Right wing outlets like The Spectator see the rise of this outlook as giving the world over to communism. For its proponents, though, it is an essential guide to making a better world.

In many ways this is just the latest iteration of the ongoing changes in generational view. For the boomer generation “the” year was 1968 and all that went with it. For the Woke generation the year might very well be 2020, because the pandemic was in many ways shaped by the very causes in focus: poor and disadvantaged communities (e.g. the African-American community in the USA as well as the Latino one) suffered worst as did the financially disadvantaged. That pattern repeated in places like Italy, Brazil and South Africa.

But has it not been thus forever? The Mauritanian, for example, starring Tahara Rahim, Jodie Foster and Benedict Cumberbatch is a film version of Mohamed Ould Salahi’s fourteen year detention without charge in Guantanamo Bay story. His treatment there was appalling, and well worthy of protest. The film depicts brilliantly the struggle between the need for revenge following 9/11 and the right to fair and due process.

Tim Murphy’s novel, Correspondents, traverses similar material. The daughter of a Lebanese/Irish New England family becomes a high flying journalist in Baghdad during the Paul Bremer administration days but effectively burns out, makes a major professional mistake and goes home. She also forgets about her gay Iraqi journalist friend who somehow gets to the USA. The resolution of all this involves a tragic intersection with the anti-woke right.

The point here is that, essentially, woke is the continuation of concerns for others that have marked earlier generations, but possibly with greater stakes and spread in what is now a more and an increasingly globalised world challenged further by the pandemic-wrought changes.

Ricardo Piglia was an Argentinian novelist and Princeton professor. In The Way Out his protagonist (some suggest alter ego) Emilio Renzi joins a small college in New Jersey to teach and complete his latest academic book. But he becomes involved with a colleague (an expert on Conrad) who dies when someone sends her a letter bomb. There is a lot of in-the-know literary and intellectual allusion, and for some readers the book may well typify the self-possession that is a target for the woke.

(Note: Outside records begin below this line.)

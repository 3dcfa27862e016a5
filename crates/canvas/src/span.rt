// Spans and clips: signed corners become numbers that are not negative at the door.
ghost use Rattle.std.specs.Prelude.{◌≡◌, ◌+◌, ◌-◌, ◌<◌, min, max, pos, ◌+ℤ◌};
ghost use Rattle.std.specs.Int.{w32};
ghost use Rattle.std.proofs.Common.{to_z};
ghost use Rattle.canvas.specs.Clip.{within, in_clip, shared};
ghost use Rattle.canvas.specs.Walk.{lifted, lowered, in_order, cut_of};

use crate::Clip;
use pixels::rows::Span;

// Where 0 lies among lifted numbers.
pub const ORIGIN: u64 = 1 << 31;

// The i32 with these 32 bits: the number itself below 2^31, else 2^32 less.
pub fn signed(n: u32) -> i32
    ensures { result ≡ to_z w32 n }
{
    n.cast_signed()
}

// A signed number as one that is not negative, 2^31 above it.
pub fn lift(x: i32) -> u64
    ensures { result ≡ lifted x }
{
    ORIGIN.wrapping_add_signed(x as i64)
}

// Whether p is one of the n numbers from a on.
pub(crate) fn in_span(a: i32, n: u32, p: usize) -> bool
    requires { p < 32768 }
    ensures { result ≡ within a n (pos p) }
{
    let past = (ORIGIN + p as u64).wrapping_sub(lift(a));
    past < n as u64
}

// Whether a point of the canvas is inside the clip.
pub(crate) fn in_clip(clip: Clip, x: usize, y: usize) -> bool
    requires { (x < 32768) × (y < 32768) }
    ensures { result ≡ in_clip clip (pos x) (pos y) }
{
    in_span(clip.x, clip.width, x) && in_span(clip.y, clip.height, y)
}

// Whether a lifted number is on a side of n pixels.
pub(crate) fn on_side(p: u64, n: u32) -> bool
    ensures { result ≡ within (pos 0) n (lowered p) }
{
    p.wrapping_sub(ORIGIN) < n as u64
}

// From one place up to another; where that is nothing, from 0 up to 0.
fn in_order(from: u64, to: u64) -> Span
    ensures { result ≡ in_order from to }
{
    if to < from {
        return Span { from: 0, to: 0 };
    }
    Span {
        from: from as usize,
        to: to as usize,
    }
}

// The places from one lifted number up to another, on a canvas's side of n pixels.
fn side_between(from: u64, end: u64, n: u32) -> Span
    ensures { result ≡ in_order (from - 2147483648) (min (end - 2147483648) n) }
{
    let to = end.saturating_sub(ORIGIN);
    in_order(from.saturating_sub(ORIGIN), to.min(n as u64))
}

// What the span of len from a lifted p has of a canvas's side of n pixels inside the clip's span of m from c.
pub fn overlap(p: u64, len: u32, c: i32, m: u32, n: u32) -> Span
    requires { p < 17179869184 }
    ensures { result ≡ cut_of (p - 2147483648) (p + len - 2147483648) c m n }
{
    let u = lift(c);
    let end = (p + len as u64).min(u + m as u64);
    side_between(p.max(u), end, n)
}

// A canvas's side of n pixels inside the clip's span of m from c.
pub fn window(c: i32, m: u32, n: u32) -> Span
    ensures { result ≡ cut_of 0 n c m n }
{
    let u = lift(c);
    side_between(u, u + m as u64, n)
}

// The part of a canvas's side of n pixels that lies in the span of len from p and in the clip's, and whose source from s
// on is on a side of m. Starts are lifted.
pub fn shown_in(p: u64, s: u64, len: u32, m: u32, c: i32, k: u32, n: u32) -> Span
    requires { p < 4294967296 }
    ensures { result ≡ cut_of (max (p - 2147483648) (p - s)) (min (p + len - 2147483648) (p + m - s)) c k n }
{
    let u = lift(c);
    let q = p + ORIGIN;
    let from = p.max(u).max(q.saturating_sub(s));
    let end = (p + len as u64).min(u + k as u64);
    side_between(from, end.min((q + m as u64).saturating_sub(s)), n)
}

// How far two spans go on together, from the larger start.
pub(crate) fn shared_by(a: i32, m: u32, b: i32, n: u32) -> u32
    ensures { result ≡ shared a m b n }
{
    let u = lift(a);
    let v = lift(b);
    let end = (u + m as u64).min(v + n as u64);
    let start = u.max(v);
    end.saturating_sub(start) as u32
}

If that was so, then Jacob Ross’s Black Rain Falling becomes an antidote. Ross hails from Granada (the site for the 1983 American invasion that saw revolutionary leader Maurice Bishop executed) but has long been resident in Britain.

Note – in some woke circles “where are you from” should never be the first question. That is a very fair point – but as an historian (and crime writer/screenwriter) “where, what, why and how” are stock in trade. The need for balance is obvious.

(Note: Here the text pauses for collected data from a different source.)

// Plots: the landing of a point, and the call of one plot.
ghost use Rattle.std.specs.Prelude.{◌≡◌, ◌≤◌, [], ◌∷◌};
ghost use Rattle.words.specs.Ink.{inked};
ghost use Rattle.canvas.specs.Plot.{at, plot, on_canvas};
ghost use Rattle.canvas.specs.Call.{put_pixel, leaves, call};
ghost use Rattle.pixels.specs.Bytes.{size, Sized};
ghost use Rattle.canvas.specs.Walk.{lowered, plus, work, covers, dabbed, Fields, Fits, Ready, Did};

use crate::faults::judge;
use crate::span::{ORIGIN, lift, on_side};
use crate::{Clip, Drawn, Tally};
use pixels::Canvas;
use pixels::rows::Span;
use words::{Color, Ink};

// The tally with n more that landed.
pub(crate) fn landed_more(t: Tally, n: u64) -> Tally
    requires { Fits (plus t n) }
    ensures { result ≡ plus t n }
{
    let landed = t.landed + n;
    Tally { landed }
}

// Whether a lifted number is one of a span.
fn is_covered(s: Span, p: u64) -> bool
    requires { (s.from ≤ s.to) × (s.to ≤ 32767) }
    ensures { result ≡ covers s (lowered p) }
{
    let past = p.wrapping_sub(ORIGIN + s.from as u64);
    past < (s.to - s.from) as u64
}

// A plot at a lifted point that can land on some columns and rows alone. The bytes of a word, n, are a literal in each
// caller, and the choice by them falls away where the compiler takes the caller's loop into its arms.
pub fn dab(
    canvas: Canvas,
    b: &mut [u8],
    xs: Span,
    ys: Span,
    n: usize,
    p: u64,
    q: u64,
    ink: Ink,
    t: Tally,
) -> Tally
    requires { (Sized canvas b.old) × ((Fields canvas xs ys) × ((n ≡ size canvas) × (Fits (plus t 1)))) }
    ensures { work b.new result ≡ dabbed canvas xs ys (inked ink) (at (lowered p) (lowered q)) (work b.old t) }
{
    if !is_covered(xs, p) {
        return t;
    }
    if !is_covered(ys, q) {
        return t;
    }
    let x = (p - ORIGIN) as usize;
    let y = (q - ORIGIN) as usize;
    pixels::bytes::touch_by(canvas, b, n, x, y, ink);
    landed_more(t, 1)
}

// Whether a lifted point is on the canvas.
pub(crate) fn on_canvas(canvas: Canvas, p: u64, q: u64) -> bool
    ensures { result ≡ on_canvas canvas (lowered p) (lowered q) }
{
    on_side(p, canvas.width) && on_side(q, canvas.height)
}

// A plot at a lifted point.
pub(crate) fn plot_at(
    canvas: Canvas,
    b: &mut [u8],
    p: u64,
    q: u64,
    ink: Ink,
    clip: Clip,
    t: Tally,
) -> Tally
    requires { Ready canvas clip (plot (inked ink) (lowered p) (lowered q) ∷ []) (work b.old t) }
    ensures { Did canvas clip (plot (inked ink) (lowered p) (lowered q) ∷ []) (work b.old t) (work b.new result) }
{
    if !on_canvas(canvas, p, q) {
        return t;
    }
    let x = (p - ORIGIN) as usize;
    let y = (q - ORIGIN) as usize;
    if !crate::span::in_clip(clip, x, y) {
        return t;
    }
    pixels::bytes::touch_at(canvas, b, x, y, ink);
    landed_more(t, 1)
}

// One plot, anywhere.
pub fn put_pixel(
    canvas: Canvas,
    bytes: &mut [u8],
    x: i32,
    y: i32,
    color: Color,
    clip: Clip,
) -> Drawn
    ensures { leaves result bytes.new ≡ call canvas (put_pixel x y color clip) bytes.old }
{
    judge(canvas, bytes.len())?;
    let ink = words::plot_ink(canvas.format, canvas.xor, color);
    let p = lift(x);
    let q = lift(y);
    let t = plot_at(canvas, bytes, p, q, ink, clip, Tally { landed: 0 });
    Ok(t)
}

In the novel, “Digger” Digson is a dogged lowly but honest cop on a Caribbean island, surrounded by corruption and a couple of untimely deaths that link to a Caribbean drug operation. His girlfriend is a posh family daughter, his assistant a really sharp but troubled woman who was done wrong in her earlier years. Here it is: class, status, colour and wealth.

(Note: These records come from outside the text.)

// Boxes: fills and outlines. Only what lies on the canvas and inside the clip is walked.
ghost use Rattle.std.specs.Prelude.{◌≡◌, ◌-◌, ◌*◌, ◌<◌, ◌≤◌, ◌||◌, ◌++◌, ◌==◌};
ghost use Rattle.words.specs.Ink.{inked};
ghost use Rattle.canvas.specs.Plot.{inks};
ghost use Rattle.canvas.specs.Boxes.{fill, outline};
ghost use Rattle.canvas.specs.Boxes.{edges};
ghost use Rattle.canvas.specs.Call.{draw_rect, fill_rect, leaves, call};
ghost use Rattle.canvas.specs.Walk.{lowered, work, Keeps, Ready, Did};

use crate::faults::judge;
use crate::plot::landed_more;
use crate::span::{lift, overlap};
use crate::{Clip, Drawn, Tally};
use pixels::Canvas;
use pixels::rows::ink_box;
use words::{Color, Ink};

// Whether a box of these sides has no pixels.
pub fn is_empty(w: u32, h: u32) -> bool
    ensures { result ≡ (w == 0 || h == 0) }
{
    w == 0 || h == 0
}

// The plots of a filled box with a lifted corner.
pub fn fill_in(
    canvas: Canvas,
    b: &mut [u8],
    p: u64,
    q: u64,
    w: u32,
    h: u32,
    ink: Ink,
    clip: Clip,
    t: Tally,
) -> Tally
    requires { (Ready canvas clip (inks (inked ink) (fill canvas (lowered p) (lowered q) w h)) (work b.old t)) × ((p < 17179869184) × (q < 17179869184)) }
    ensures { Did canvas clip (inks (inked ink) (fill canvas (lowered p) (lowered q) w h)) (work b.old t) (work b.new result) }
{
    let xs = overlap(p, w, clip.x, clip.width, canvas.width);
    let ys = overlap(q, h, clip.y, clip.height, canvas.height);
    let n = (ys.to - ys.from) * (xs.to - xs.from);
    ink_box(canvas, b, xs, ys, ink);
    landed_more(t, n as u64)
}

// A filled box.
pub fn fill_rect(
    canvas: Canvas,
    bytes: &mut [u8],
    x: i32,
    y: i32,
    w: u32,
    h: u32,
    color: Color,
    clip: Clip,
) -> Drawn
    ensures { leaves result bytes.new ≡ call canvas (fill_rect x y w h color clip) bytes.old }
{
    judge(canvas, bytes.len())?;
    let ink = words::plot_ink(canvas.format, canvas.xor, color);
    let p = lift(x);
    let q = lift(y);
    let t = fill_in(canvas, bytes, p, q, w, h, ink, clip, Tally { landed: 0 });
    Ok(t)
}

// How long an edge is between two corners.
fn between(side: u32, inset: u32) -> u32
    ensures { result ≡ side - 2 * inset }
{
    side.saturating_sub(inset).saturating_sub(inset)
}

// The plots of two filled boxes of one size, with lifted corners.
fn pair_in(
    canvas: Canvas,
    b: &mut [u8],
    p: u64,
    q: u64,
    u: u64,
    v: u64,
    w: u32,
    h: u32,
    ink: Ink,
    clip: Clip,
    t: Tally,
) -> Tally
    requires { (Ready canvas clip (inks (inked ink) (fill canvas (lowered p) (lowered q) w h ++ fill canvas (lowered u) (lowered v) w h)) (work b.old t)) × ((p < 17179869184) × ((q < 17179869184) × ((u < 17179869184) × (v < 17179869184)))) }
    ensures { Did canvas clip (inks (inked ink) (fill canvas (lowered p) (lowered q) w h ++ fill canvas (lowered u) (lowered v) w h)) (work b.old t) (work b.new result) }
{
    let n = fill_in(canvas, b, p, q, w, h, ink, clip, t);
    fill_in(canvas, b, u, v, w, h, ink, clip, n)
}

// The plots of the straight edges of a box with a lifted corner, which are this far in from its corners.
pub fn edges_in(
    canvas: Canvas,
    b: &mut [u8],
    p: u64,
    q: u64,
    w: u32,
    h: u32,
    rx: u32,
    ry: u32,
    ink: Ink,
    clip: Clip,
    t: Tally,
) -> Tally
    requires { (Ready canvas clip (inks (inked ink) (edges canvas (lowered p) (lowered q) w h rx ry)) (work b.old t)) × ((p < 4294967296) × ((q < 4294967296) × ((1 ≤ w) × (1 ≤ h)))) }
    ensures { Did canvas clip (inks (inked ink) (edges canvas (lowered p) (lowered q) w h rx ry)) (work b.old t) (work b.new result) }
{
    let x = p + rx as u64;
    let y = q + ry as u64;
    let right = p + (w - 1) as u64;
    let bottom = q + (h - 1) as u64;
    let across = between(w, rx);
    let along = between(h, ry);
    let n = pair_in(canvas, b, x, q, x, bottom, across, 1, ink, clip, t);
    pair_in(canvas, b, p, y, right, y, 1, along, ink, clip, n)
}

// The plots of an outline with a lifted corner: of a box of one column or row the fill, of a larger one the edges, with the
// corners in the rows.
pub fn outline_in(
    canvas: Canvas,
    b: &mut [u8],
    p: u64,
    q: u64,
    w: u32,
    h: u32,
    ink: Ink,
    clip: Clip,
    t: Tally,
) -> Tally
    requires { (Ready canvas clip (inks (inked ink) (outline canvas (lowered p) (lowered q) w h)) (work b.old t)) × ((p < 4294967296) × ((q < 4294967296) × (Keeps canvas ink))) }
    ensures { Did canvas clip (inks (inked ink) (outline canvas (lowered p) (lowered q) w h)) (work b.old t) (work b.new result) }
{
    if is_empty(w / 2, h / 2) {
        return fill_in(canvas, b, p, q, w, h, ink, clip, t);
    }
    edges_in(canvas, b, p, q, w, h, 0, 1, ink, clip, t)
}

// The outline of a box.
pub fn draw_rect(
    canvas: Canvas,
    bytes: &mut [u8],
    x: i32,
    y: i32,
    w: u32,
    h: u32,
    color: Color,
    clip: Clip,
) -> Drawn
    ensures { leaves result bytes.new ≡ call canvas (draw_rect x y w h color clip) bytes.old }
{
    judge(canvas, bytes.len())?;
    let ink = words::plot_ink(canvas.format, canvas.xor, color);
    let p = lift(x);
    let q = lift(y);
    let t = outline_in(canvas, bytes, p, q, w, h, ink, clip, Tally { landed: 0 });
    Ok(t)
}
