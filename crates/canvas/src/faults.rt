// Which canvases are refused.
ghost use Rattle.std.specs.Prelude.{◌≡◌, ◌≤◌, not, ◌||◌, ◌==◌, nat_lt};
ghost use Rattle.canvas.specs.Faults.{or_else, verdict};

use crate::Refusal;
use pixels::Canvas;

// The first of two faults.
pub fn or_else(f: Result<(), Refusal>, d: Result<(), Refusal>) -> Result<(), Refusal>
    ensures { result ≡ or_else f d }
{
    f.and(d)
}

// Whether a number is neither 1 nor 2; 0 wraps around.
fn is_unruly(rule: u32) -> bool
    ensures { result ≡ not (rule == 1 || rule == 2) }
{
    1 < rule.wrapping_sub(1)
}

// Whether one of two numbers is above 32,767: then what has the bits of both is.
fn is_large(a: u32, b: u32) -> bool
    ensures { result ≡ (nat_lt 32767 a || nat_lt 32767 b) }
{
    32767 < (a | b)
}

// Whether the row is below the width or above 32,767; below the width the tail wraps around.
fn is_off(row: u32, width: u32) -> bool
    requires { width ≤ 32767 }
    ensures { result ≡ (nat_lt row width || nat_lt 32767 row) }
{
    is_large(row, row.wrapping_sub(width))
}

// The first fault of a canvas with so many bytes. The length is asked before the row, and the row is named where both
// are at fault.
pub fn judge(canvas: Canvas, len: usize) -> Result<(), Refusal>
    ensures { result ≡ verdict canvas len }
{
    if 4 < canvas.format {
        return Err(Refusal::Format);
    }
    if is_unruly(canvas.rule) {
        return Err(Refusal::Rule);
    }
    if is_large(canvas.width, canvas.height) {
        return Err(Refusal::Size);
    }
    if !pixels::bytes::is_whole(canvas, len) {
        if canvas.row == canvas.width {
            return Err(Refusal::Length);
        }
        if is_off(canvas.row, canvas.width) {
            return Err(Refusal::Row);
        }
        return Err(Refusal::Length);
    }
    if !is_off(canvas.row, canvas.width) {
        return Ok(());
    }
    Err(Refusal::Row)
}
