ghost use Rattle.std.specs.Prelude.{◌≡◌, ◌≤◌, ◌↔◌, length, IsSome, IfSome};

use std::marker::Model;

/// A name of an application (the application identifier of ISO/IEC 7816-4): 5 to 16 bytes.
#[derive(Clone, Copy, Debug, PartialEq, Eq)]
pub struct Aid {
    bytes: [u8; 16],
    len: usize,
}

impl Model for Aid {
    ghost use Rattle.std.specs.Prelude.{ℕ, ◌-◌, List, ◌++◌, length, replicate};

    ghost Value = { List ℕ };

    ghost use Rattle.mc_words.specs.Name.{name_bytes, KeepsName};

    ghost view = { name_bytes };

    ghost invariant = { KeepsName };

    ghost inverse = { λ n. record { bytes = n ++ replicate (16 - length n) 0; len = length n } };
}

impl Aid {
    /// Returns the name with these bytes, or `None` if there are fewer than 5 or more than 16.
    pub fn new(bytes: &[u8]) -> Option<Self>
        ensures length { IsSome result ↔ ((5 ≤ length bytes.now) × (length bytes.now ≤ 16)) }
        ensures value { IfSome result (λ name. name ≡ bytes.now) }
    {
        if bytes.len() < 5 || bytes.len() > 16 {
            return None;
        }
        let mut padded = [0; 16];
        padded[..bytes.len()].copy_from_slice(bytes);
        Some(Aid {
            bytes: padded,
            len: bytes.len(),
        })
    }

    /// Returns the bytes of the name, 5 to 16 of them.
    pub fn bytes(&self) -> &[u8]
        ensures value { result.now ≡ self.now }
        ensures low { 5 ≤ length result.now }
        ensures high { length result.now ≤ 16 }
    {
        &self.bytes[..self.len]
    }
}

The bonus is that Jacob Ross is a seriously great writer who catches the Caribbean lilt and patois in a way that few can match. In a world that continues to change at pace, we need writers like Ross to capture and convey it all to us.

2 thoughts on “What Comes Next?

  1. Wow, Mate, what does come next?? I am asking myself this question every day!! Thought provoking in a troubled world. Some great reading recommendations!! Thanks for taking the time!!